The distinguished American filmmaker offers his personal testimony on Ray’s well-known Hollywood misadventure. That in the late 60’s there was a big probability of Ray coming to Hollywood to shoot The Alien based on his own short story published in the popular Bengali magazine Sandesh. The film was to be produced by 20th Century Fox and Hollywood was waiting to embrace Ray with open arms. But due to some dirty politics played by unknown quarters, Ray’s Hollywood dream had to be shelved. Scorsese has no qualms in admitting that Spielberg’s ET was influenced by Ray’s Alien. Even Richard Attenborough had pointed this out to him, he reveals.
Scorsese concludes his homage piece with his favorite Ray moments. One is the scene in Pather Panchali where young Durga and Apu run through the village meadows and notice a train whistling by in the distance, describing it as a master shot conceived by a thinking maker and executed brilliantly by Subrato Mitra whom he acknowledges as one of the leading cinematographers of the international cinema. Another is of a young Apu sitting by a pond, hands folded, head down, weeping out his heart, remembering his late mother in Aparajito—perhaps, the greatest Ray shot he ever saw…

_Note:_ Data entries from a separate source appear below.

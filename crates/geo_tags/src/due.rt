//! What is due after a step.

use geo_base::BioId;
use geo_model::{Reply, Request};

/// What is due after a step.
#[derive(Debug, Drop)]
pub enum Due {
    /// A disk is asked, for a bio: its answer is to be given for that.
    Ask {
        disk: u32,
        bio: BioId,
        request: Request,
    },
    /// The reply to the request that carries this token.
    Reply {
        token: u64,
        reply: Reply,
    },
    /// A step of requests was made inside the mesh: its graph is as before.
    Moved,
    /// A step was made inside the mesh that may have changed its geoms, providers, consumers, their counts or handles.
    /// This is the generation of its graph now.
    Changed {
        generation: u64,
    },
    /// No step is due, and none was made: disks have to answer, or commands to come.
    Idle,
}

Martin Scorsese may well be summing up west’s view of the Indian master.
I have not known any film school in the world where Ray is a campus hero. He is far too disciplined for modern students. That would include the FTII as well as the other one in his own city of Calcutta, which was started after his death and named (much against his suspicion of film schools) after him, Satyajit Ray Institute of Film and Television (SRFTI). The campus hero’s position in these institutions is reserved for Ritwick Ghatak, which is understandable. The intense Ritwickda is so much easier and much more fun to emulate—success on the screen is besides the point—than the hard-as-nails taskmaster like Ray.
Just before I left the Institute in 2006, FTII hosted a 2-day seminar on What ails the screenplay of Indian films. All the leading scriptwriters from Mumbai—which means all those responsible for the uneven quality of scripts in the first place—assembled and addressing a houseful of students prescribed grandiose remedies to one another in the abstract. Quietly—as if on duty—Professor Bahadur entered and exited the theatre unseen like a guest from another world, from another times. No one brought up the issue of Hindi cinema’s routine stealing of plots from Hollywood. Not one thought it fit to make a mention of Ray or any of his screenplays to learn from.
As little Apu stood watching at the end of Pather Panchali, the scum had converged from all sides and obliterated all traces of the jewel underneath.